Bawa Thomas Cup ke Tanah Air Usai 19 Tahun Penantian, Ini Fakta Kemenangan Indonesia

Ajang Thomas Cup yang digelar dua tahun sekali akhirnya mencapai klimaks. Pada partai final yang diadakan di Ceres Arena ini, Indonesia akhirnya keluar sebagai juara usai mengalahkan China dengan skor 3-0. Berikut fakta kemenangan tim Indonesia di ajang Thomas Cup 2020 usai 19 tahun penantian.

Astuti Dwi Ramadhani
Oleh Astuti Dwi Ramadhani - Reporter
Bawa Thomas Cup ke Tanah Air Usai 19 Tahun Penantian, Ini Fakta Kemenangan Indonesia
Indonesia juara Thomas Cup 2020. ©2021 Merdeka.com/instagram.com

Ajang Thomas Cup yang digelar dua tahun sekali akhirnya mencapai klimaks.

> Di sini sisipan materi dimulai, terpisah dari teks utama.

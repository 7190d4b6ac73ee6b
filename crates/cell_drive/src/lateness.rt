//! Which of the events of a run are reports that are late, whatever controller ordered its moves.

ghost use Rattle.std.specs.Prelude.{◌≡◌, IfOk};
ghost use Rattle.shop_base.specs.{Cell.start, Run.CanHappen, Run.after, Run.AreEvents, Run.IsRun};
ghost use Rattle.cell_tables.specs.Events.{event_of, events_of};
ghost use Rattle.cell_control.specs.DueMoments.{AreDueMoments};
ghost use Rattle.cell_drive.specs.LateEvents.{IsLateEvent, AreLate};

use cell_control::{Dues, TourneyDues, advance, end_activity, is_past_due, note_all};
use cell_tables::{Entry, WorkCell};
use shop_base::{Planned, Shaped};
use std::alloc::{AllocError, Global};

/// Of each event of a run of the plan, whether it is a report that is late.
pub(crate) fn late_events(
    alloc: Global,
    shaped: &Shaped,
    entries: &[Entry],
) -> Result<Vec<bool>, AllocError>
    requires { IsRun shaped.now (events_of entries.now) }
    ensures { IfOk result (λ late. AreLate shaped.now (start shaped.now) entries.now late.items) }
{
    match WorkCell::start(alloc, shaped) {
        Ok(cell) => late_from::<&Shaped, TourneyDues>(alloc, cell, entries),
        Err(refused) => Err(refused.0),
    }
}

/// The same from any cell on.
fn late_from<P: Planned, D: Dues>(
    alloc: Global,
    cell: WorkCell<P>,
    entries: &[Entry],
) -> Result<Vec<bool>, AllocError>
    requires { AreEvents cell.plan cell.cell (events_of entries.now) }
    ensures { IfOk result (λ late. AreLate cell.plan cell.cell entries.now late.items) }
{
    let mut dues = D::sized(alloc, (cell.job_count() + cell.machine_count()) as usize)?;
    note_all(&cell, &mut dues);
    follow_events(alloc, cell, dues, entries)
}

/// Follows the events from a cell on, and records of each whether it is a late report.
fn follow_events<P: Planned, D: Dues>(
    alloc: Global,
    cell: WorkCell<P>,
    dues: D,
    entries: &[Entry],
) -> Result<Vec<bool>, AllocError>
    requires due_moments { AreDueMoments cell.plan cell.cell (D.dues dues) }
    requires run { AreEvents cell.plan cell.cell (events_of entries.now) }
    ensures { IfOk result (λ late. AreLate cell.plan cell.cell entries.now late.items) }
{
    let (mut cell, mut dues) = (cell, dues);
    let mut late = Vec::with_capacity(alloc, entries.len())?;
    for entry in entries {
        late.push_reserved(follow_event(&mut cell, &mut dues, *entry));
    }
    Ok(late)
}

/// Makes the event happen, and says whether it is a late report.
fn follow_event<P: Planned, D: Dues>(cell: &mut WorkCell<P>, dues: &mut D, entry: Entry) -> bool
    requires due_moments { AreDueMoments cell.old.plan cell.old.cell (D.dues dues.old) }
    requires possible { CanHappen cell.old.plan cell.old.cell (event_of entry) }
    ensures late { IsLateEvent cell.old.plan cell.old.cell entry result }
    ensures after { cell.new ≡ record cell.old { cell = after cell.old.plan cell.old.cell (event_of entry) } }
    ensures due_moments { AreDueMoments cell.old.plan cell.new.cell (D.dues dues.new) }
{
    match entry {
        Entry::Report(report) => {
            let late = is_past_due(cell, dues, report.at());
            end_activity(cell, dues, report);
            late
        }
        Entry::Order(order) => {
            advance(cell, dues, order.job, order.at);
            false
        }
    }
}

Pada partai final yang diadakan di Ceres Arena, Denmark ini mempertemukan dua tim kuat. Yaitu Indonesia sebagai unggulan pertama dan China sebagai juara bertahan di tahun sebelumnya.

Seperti kita tahu, China merupakan rival kuat Indonesia dalam Dunia bulutangkis. Mereka memiliki atlet-atlet yang menduduki peringkat teratas hampir di setiap nomor. Tak heran jika perjuangan tim Indonesia kali ini pun tak bisa dibilang mudah.

Sebelumnya, China juga telah membawa dua piala yaitu piala Uber dan piala Sudirman. Namun kali ini, Indonesia memupuskan harapan China untuk mengawinkan piala Thomas dan Uber.

Tim Indonesia telah berjuang mati-matian bahkan hingga jatuh-bangun demi mengejar shuttle cock. Akhirnya, penantian Indonesia 19 tahun pun usai dan piala Thomas kembali ke Tanah Air. Berikut fakta kemenangan tim Indonesia di ajang Thomas Cup 2020.

Skor 3-0

Pada laga final yang mempertemukan Indonesia dan China tadi malam, Indonesia memetik kemenangan dengan skor telak. Indonesia menang dengan skor 3-0 lewat perjuangan Anthony Sinisuka Ginting, Fajar Alfian/M. Rian Ardianto, serta Jonathan Christie yang menjadi penentu.

Kerahkan Kekuatan Penuh

Seperti kita tahu, pada ajang Thomas Cup ini Indonesia menjadi unggulan pertama. Rangking para atlet putra yang dimiliki Indonesia hampir semuanya berjajar di peringkat 10 dunia. Tak hanya para pemain top, Indonesia juga membawa pemain muda seperti Leo dan Daniel.

Penantian Panjang

Pulangnya piala Thomas ke Tanah Air pun menjadi momen yang sangat penting bagi Indonesia. Bagaimana tidak, kita semua telah menantikan momen ini selama 19 tahun. Diketahui, piala Thomas terakhir kali pulang ke Indonesia pada tahun 2002.

Bukan Bendera Merah Putih

Seperti kita lihat tadi malam, saat upacara pengalungan medali dan penyerahan piala Thomas, bukan bendera merah putih yang dikibarkan di Ceres Arena. Bendera yang dikibarkan justru bendera PBSI.

Bukan tanpa sebab, rupanya hal ini merupakan sanksi yang diberikan WADA (World Anti Doping Agency) pada lembaga anti doping Indonesia yang tak melakukan beberapa prosedur yang seharusnya dilakukan. Sanksi ini berimbas pada tak diperbolehkannya bendera merah putih berkibar di even olahraga Internasional.